I wouldn't use 'doused' here either, elfa, but 'bordered by' seems to me to be a lot more unimaginative that 'bagnato da'. But then I'm not a native either, so I might go take a dip in the Indian Ocean that borders/caresses/douses/touches/bathes or whatever other verb you might like to conjure up, Perth, and cool off!


----------



## elfa

Paulfromitaly said:


> Pietruzzo is correct - "Bagnato da" is the typical expression you are likely to find in an Atlas or in a geography book.



Thanks for confirming, Paul


----------



## You little ripper!

Paulfromitaly said:


> Pietruzzo is correct - "Bagnato da" is the typical expression you are likely to find in an Atlas or in a geography book.
> You could also find it in a novel, while you are not likely to find terms such as "lambito, accarezzato, baciato da" in an Atlas.

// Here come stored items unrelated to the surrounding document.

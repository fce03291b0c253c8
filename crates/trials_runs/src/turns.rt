//! Turns of one stream, event by event: each operation, granted and refused, stacked frames, and rounds of a free order.

ghost use Rattle.std.specs.Prelude.{ℕ, ◌≡◌, ◌<◌, OnOk, length};
ghost use Rattle.abt_order.specs.Schedulers.{IsStored};
ghost use Rattle.abt_stream.specs.Streams.{FitsStream};
ghost use Rattle.abt_stream.specs.Turned.{IsReady};

use crate::reports::is_text_of;
use abt_commons::{Objects, Plain, PlainPass};
use abt_machine::{Event, Journal, OrderShape, StreamNo, Want, Workload};
use abt_order::StoredOrder;
use abt_stream::{Stream, StreamParts, Turn};
use abt_work::AnyWork;
use abt_workload::read;
use std::alloc::{AllocError, Global};
use std::process::Abort;
use std::test::Fail;

// Stream 0 serves the pools 0 and 1, and stream 1 alone pool 2. The schedulers from 2 on are for units: 3 is not for stream 0,
// and 6 and 7 go by stored order 0.
static HEAD: &str = "abt 1
streams 2
keys 1
pool 0 fifo mpmc
pool 1 fifo mpmc
pool 2 fifo priv of 1
pool 3 fifo mpmc
pool 4 fifo mpmc
pool 5 fifo mpmc
sched 0 prio 0 1
sched 1 prio 2
sched 2 prio 3
sched 3 prio 2
sched 4 prio 4
sched 5 prio 5
sched 6 user 0 3 4
sched 7 user 0 3 4 5
stream 0 main 0
stream 1 main 1
object 0 mutex
object 1 cond 0
object 2 eventual
object 3 future 2 sum
object 4 barrier 2
";

// How many turns a row has at most.
const MOST: u64 = 100;

// The lines of the units, how many steps stream 0 may make, and its events until it has nothing to do or has made its steps.
#[derive(Clone, Copy)]
struct Row {
    units: &'static str,
    steps: u64,
    events: &'static str,
}

// Local operations, and those by which a unit leaves the hand alone.
static OWN: [Row; 5] = [
    Row {
        units: "units 1\nunit 0 ult at 0\nset 5\nadd 1\nsay hi\nprint\nkset 0\nkget 0\n",
        steps: 9,
        events: "take 0 0, look 0, step 0 0 ok, step 0 1 ok, step 0 2 ok, step 0 3 ok, step 0 4 ok, step 0 5 ok, end 0 done, miss 0, miss 1",
    },
    Row {
        units: "units 2\nunit 0 ult at 0\nyieldto 1 0\nyieldto 1 0\nyieldto 1 2\nyield\nunit 1 ult at 0\n",
        steps: 9,
        events: "take 0 0, look 0, step 0 0 ok, put 0 0, look 1, end 1 done, take 0 0, look 0, step 0 1 absent, step 0 2 pool-access, step 0 3 ok, put 0 0, take 0 0, look 0, end 0 done, miss 0, miss 1",
    },
    Row {
        units: "units 2\nunit 0 ult at 0\nsuspend\nunit 1 ult at 0\nresume 0\nresume 0\n",
        steps: 9,
        events: "take 0 0, look 0, step 0 0 ok, take 0 1, look 1, step 1 0 ok, put 0 0, step 1 1 unit-state, end 1 done, take 0 0, look 0, end 0 done, miss 0, miss 1",
    },
    Row {
        units: "units 1\nunit 0 ult at 0\nset 1\nexit\nset 2\n",
        steps: 9,
        events: "take 0 0, look 0, step 0 0 ok, step 0 1 ok, end 0 own, miss 0, miss 1",
    },
    Row {
        units: "units 1\nunit 0 ult at 0\nset 1\nset 2\n",
        steps: 1,
        events: "take 0 0, look 0, step 0 0 ok",
    },
];

// Operations on other units.
static UNITS: [Row; 6] = [
    Row {
        units: "units 3\nunit 0 ult at 0\ncreate 1 0\ncreate 1 0\ncreate 2 2\nunit 1 ult later\nunit 2 ult later\n",
        steps: 9,
        events: "take 0 0, look 0, step 0 0 ok, put 1 0, step 0 1 exists, step 0 2 pool-access, end 0 done, take 0 1, look 1, end 1 done, miss 0, miss 1",
    },
    Row {
        units: "units 2\nunit 0 ult at 0\njoin 1\njoin 1\nunit 1 ult at 0\n",
        steps: 9,
        events: "take 0 0, look 0, step 0 0 ok, take 0 1, look 1, end 1 done, put 0 0, take 0 0, look 0, step 0 1 ok, end 0 done, miss 0, miss 1",
    },
    Row {
        units: "units 3\nunit 0 ult at 0\ncancel 1\nmigrate 1 1\ncancel 2\nunit 1 ult at 0\nset 1\nunit 2 ult later\n",
        steps: 9,
        events: "take 0 0, look 0, step 0 0 ok, step 0 1 ok, step 0 2 unit-state, end 0 done, take 0 1, look 1, end 1 asked, miss 0, miss 1",
    },
    Row {
        units: "units 4\nunit 0 ult at 0\nmigratable 1 0\nmigrate 1 1\nmigratable 1 1\nmigrate 1 1\nmigrate 2 1\nmigrate 1 2\nmigratable 3 0\nunit 1 ult at 0\nunit 2 ult later\nunit 3 sched 2 later\n",
        steps: 9,
        events: "take 0 0, look 0, step 0 0 ok, step 0 1 not-migratable, step 0 2 ok, step 0 3 ok, step 0 4 unit-state, step 0 5 pool-access, step 0 6 not-migratable, end 0 done, take 0 1, look 1, put 1 1, miss 0, take 1 1, look 1, end 1 done, miss 0, miss 1",
    },
    Row {
        units: "units 2\nunit 0 ult at 0\nmigrateto 1 0\nmigrateto 1 1\nunit 1 ult at 1\n",
        steps: 9,
        events: "take 0 0, look 0, step 0 0 ok, step 0 1 pool-access, end 0 done, miss 0, take 1 1, look 1, put 1 0, take 0 1, look 1, end 1 done, miss 0, miss 1",
    },
    Row {
        units: "units 2\nunit 0 ult at 0\njoin 1\nrevive 1 0\nrevive 1 0\nrevive 1 2\nunit 1 ult at 0\n",
        steps: 9,
        events: "take 0 0, look 0, step 0 0 ok, take 0 1, look 1, end 1 done, put 0 0, take 0 0, look 0, step 0 1 ok, put 1 0, step 0 2 unit-state, step 0 3 pool-access, end 0 done, take 0 1, look 1, end 1 done, miss 0, miss 1",
    },
];

// Operations on objects.
static OBJECTS: [Row; 5] = [
    Row {
        units: "units 2\nunit 0 ult at 0\nlock 0\ntrylock 0\nload 0\nstore 0\nyield\nunlock 0\nunlock 0\nload 0\nstore 0\nunit 1 ult at 0\nlock 0\nunlock 0\ntrylock 0\n",
        steps: 12,
        events: "take 0 0, look 0, step 0 0 ok, step 0 1 mutex-locked, step 0 2 ok, step 0 3 ok, step 0 4 ok, put 0 0, take 0 1, look 1, step 1 0 ok, take 0 0, look 0, step 0 5 ok, put 1 0, step 0 6 not-owner, step 0 7 not-owner, step 0 8 not-owner, end 0 done, take 0 1, look 1, step 1 1 ok, step 1 2 ok, end 1 done, miss 0, miss 1",
    },
    Row {
        units: "units 2\nunit 0 ult at 0\ncwait 1\nlock 0\ncwait 1\nunlock 0\nunit 1 ult at 0\nlock 0\nsignal 1\nbroadcast 1\nunlock 0\n",
        steps: 9,
        events: "take 0 0, look 0, step 0 0 not-owner, step 0 1 ok, step 0 2 ok, take 0 1, look 1, step 1 0 ok, step 1 1 ok, step 1 2 ok, step 1 3 ok, put 0 0, end 1 done, take 0 0, look 0, step 0 3 ok, end 0 done, miss 0, miss 1",
    },
    Row {
        units: "units 2\nunit 0 ult at 0\newait 2\netest 2\nunit 1 ult at 0\netest 2\neset 2\neset 2\newait 2\nereset 2\n",
        steps: 9,
        events: "take 0 0, look 0, step 0 0 ok, take 0 1, look 1, step 1 0 ok, step 1 1 ok, put 0 0, step 1 2 eventual-set, step 1 3 ok, step 1 4 ok, end 1 done, take 0 0, look 0, step 0 1 ok, end 0 done, miss 0, miss 1",
    },
    Row {
        units: "units 2\nunit 0 ult at 0\nfwait 3\nunit 1 ult at 0\nfset 3\nftest 3\nfset 3\nfset 3\nfwait 3\nfreset 3\n",
        steps: 9,
        events: "take 0 0, look 0, step 0 0 ok, take 0 1, look 1, step 1 0 ok, step 1 1 ok, step 1 2 ok, put 0 0, step 1 3 future-full, step 1 4 ok, step 1 5 ok, end 1 done, take 0 0, look 0, end 0 done, miss 0, miss 1",
    },
    Row {
        units: "units 2\nunit 0 ult at 0\nbwait 4\nunit 1 ult at 0\nbwait 4\n",
        steps: 9,
        events: "take 0 0, look 0, step 0 0 ok, take 0 1, look 1, step 1 0 ok, put 0 0, end 1 done, take 0 0, look 0, end 0 done, miss 0, miss 1",
    },
];

// Frames three deep, a scheduler whose pool the stream must not reach, and a free order over two and three pools. In the rounds
// 0 and 2 it answers the last place each time, so the others follow cyclically; in round 1 the first.
static FRAMES: [Row; 4] = [
    Row {
        units: "units 4\nunit 0 sched 2 at 0\nunit 1 sched 4 at 3\nunit 2 sched 5 at 4\nunit 3 ult at 5\n",
        steps: 9,
        events: "take 0 0, look 0, enter 0, take 3 1, look 1, enter 1, take 4 2, look 2, enter 2, take 5 3, look 3, end 3 done, miss 5, leave 2, end 2 done, miss 4, leave 1, end 1 done, miss 3, leave 0, end 0 done, miss 0, miss 1",
    },
    Row {
        units: "units 1\nunit 0 sched 3 at 0\n",
        steps: 9,
        events: "take 0 0, look 0, end 0 access, miss 0, miss 1",
    },
    Row {
        units: "units 3\nunit 0 sched 6 at 0\nunit 1 ult at 3\nunit 2 ult at 3\n",
        steps: 9,
        events: "take 0 0, look 0, enter 0, miss 4, take 3 1, look 1, end 1 done, take 3 2, look 2, end 2 done, miss 4, miss 3, leave 0, end 0 done, miss 0, miss 1",
    },
    Row {
        units: "units 3\nunit 0 sched 7 at 0\nunit 1 ult at 3\nunit 2 ult at 3\n",
        steps: 9,
        events: "take 0 0, look 0, enter 0, miss 5, take 3 1, look 1, end 1 done, take 3 2, look 2, end 2 done, miss 5, miss 3, miss 4, leave 0, end 0 done, miss 0, miss 1",
    },
];

// The text of the workload with these units.
fn text(alloc: Global, units: &str) -> Result<String, AllocError> {
    let mut text = String::from_str(alloc, HEAD)?;
    text.push_str(units)?;
    text.push_str("end\n")?;
    Ok(text)
}

// The text of a journal of stream 0 with these events, whose stamps are 1, 2, 3 and so on.
fn journal(alloc: Global, events: &str) -> Result<String, AllocError> {
    let mut text = String::new(alloc);
    let mut stamp: u64 = 0;
    for event in events.split(", ") {
        stamp = stamp.saturating_add(1);
        writeln!(text, "{stamp} 0 {event}")?;
    }
    Ok(text)
}

// In round 1 the first place, and else the last one, whatever place is asked for.
fn first_once(round: u64, n: u32, _i: u32) -> u32
    requires { 0 < n }
    ensures { result < n }
{
    if round == 1 { 0 } else { n - 1 }
}

// If a workload names a stored order, that is one of the two.
fn check_orders(w: &Workload)
    ensures { (g : ℕ) → IsStored w.now g 2 }
{
    w.known();
}

// What is seen of a stream: how many events it made, the last of them, and whether it is idle and spent.
fn seen(stream: &Stream, w: &Workload) -> (u64, Option<Event>, bool, bool)
    requires { FitsStream w.now stream.now }
{
    let last = match stream.kept() {
        Some(log) => log.last().copied(),
        None => None,
    };
    (stream.written(), last, stream.is_idle(), stream.is_spent(w))
}

// What the next turn needs. If memory is refused, the same is seen of the stream as before, and it is asked for once more. That
// the stream also holds what it held, and has the same next round, shows in the events that follow, which the row says.
fn prepare(
    rt: &impl Abort,
    stream: &mut Stream,
    w: &Workload,
    orders: &[StoredOrder],
) -> Result<(), Want>
    requires stored { (g : ℕ) → IsStored w.now g (length orders.now) }
    requires fits { FitsStream w.now stream.old }
    ensures ready { OnOk result (IsReady w.now stream.new) }
    ensures fits { FitsStream w.now stream.new }
{
    let before = seen(stream, w);
    match stream.prepare(w, orders) {
        Ok(()) => Ok(()),
        Err(Want) => {
            assert!(rt; seen(stream, w) == before);
            stream.prepare(w, orders)
        }
    }
}

// Whether this was the stream's last turn: it has made its steps, or its round was empty and it is idle.
fn ends(turn: Turn, idle: bool) -> bool {
    match turn {
        Turn::Spent | Turn::Worn => true,
        Turn::EmptyRound => idle,
        Turn::Stepped | Turn::Moved => false,
    }
}

// The stream's turns until it ends.
#[tactic(auto, using(crate::proofs::Storing::stores_calls))]
fn drive<'w>(
    rt: &impl Abort,
    stream: &mut Stream,
    plain: &Plain<'w>,
    pass: &mut PlainPass<'w>,
    w: &Workload,
    orders: &[StoredOrder],
) -> Result<(), Want>
    requires plain { plain.now ≡ w.now }
    requires pass { pass.old.workload ≡ w.now }
    requires stored { (g : ℕ) → IsStored w.now g (length orders.now) }
    requires fits { FitsStream w.now stream.old }
{
    w.known();
    'turns: for _ in 0..MOST {
        prepare(rt, stream, w, orders)?;
        let turn = stream.turn(plain, pass, w, &AnyWork);
        if ends(turn, stream.is_idle()) {
            return Ok(());
        }
    }
    Ok(())
}

// What stream 0 does over all objects.
fn events(
    rt: &impl Abort,
    alloc: Global,
    w: &Workload,
    orders: &[StoredOrder; 2],
    steps: u64,
) -> Result<Journal, Want> {
    assert!(rt; 0 < w.streams());
    check_orders(w);
    let mut stream = Stream::new(alloc, w, StreamNo(0), steps, true)?;
    let (plain, mut pass) = Plain::make(Objects::place(alloc, w)?);
    drive(rt, &mut stream, &plain, &mut pass, w, orders)?;
    let StreamParts { kept, .. } = stream.into_parts();
    kept.ok_or(Want)
}

// Whether the events of a row, whose workload has been read, are those that it says.
fn is_done(
    rt: &impl Abort,
    alloc: Global,
    orders: &[StoredOrder; 2],
    w: &Workload,
    row: Row,
) -> Result<bool, Want> {
    let wanted = journal(alloc, row.events)?;
    let done = events(rt, alloc, w, orders, row.steps)?;
    Ok(is_text_of(alloc, &done, &wanted))
}

// The events of a row are those that it says.
fn check(rt: &impl Abort, alloc: Global, orders: &[StoredOrder; 2], row: Row) -> Result<(), Fail> {
    let text = text(alloc, row.units)?;
    let w = read(alloc, text.as_bytes())?;
    let is = is_done(rt, alloc, orders, &w, row)?;
    assert!(rt; is, "{}", row.units);
    Ok(())
}

// The events of each row are those that it says.
fn check_all(rt: &impl Abort, alloc: Global, rows: &[Row]) -> Result<(), Fail> {
    let orders = [
        StoredOrder::new(OrderShape::Free, Box::new(alloc, first_once)?),
        StoredOrder::new(OrderShape::Free, Box::new(alloc, first_once)?),
    ];
    for row in rows {
        check(rt, alloc, &orders, *row)?;
    }
    Ok(())
}

#[test]
fn turns_are_the_next_events(rt: HostRuntime) -> Result<(), Fail> {
    check_all(&rt, rt.alloc(), &OWN)?;
    check_all(&rt, rt.alloc(), &UNITS)?;
    check_all(&rt, rt.alloc(), &OBJECTS)?;
    check_all(&rt, rt.alloc(), &FRAMES)
}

The fact that it's found in an Atlas or a geography book makes it sound rather boring, Paul, and yet another Italian native seems to think it's quite poetic. I'm confused. 



MStraf said:


> I cannot think of anything in English as beautiful and poetic as "le ... sono bagnate dal mar ..."


----------



## sgagni

Thank you all for your contribution! "Bagnato da..." can be used both for a more descriptive purpose (like in an atlas or similar), as well as in a more poetic way, I think. It really depends on the context. Since I have to write many articles and I have to use this verb many times, I think I will choose a different verb each time, as long as the meaning is conveyed. 

Thank you again


----------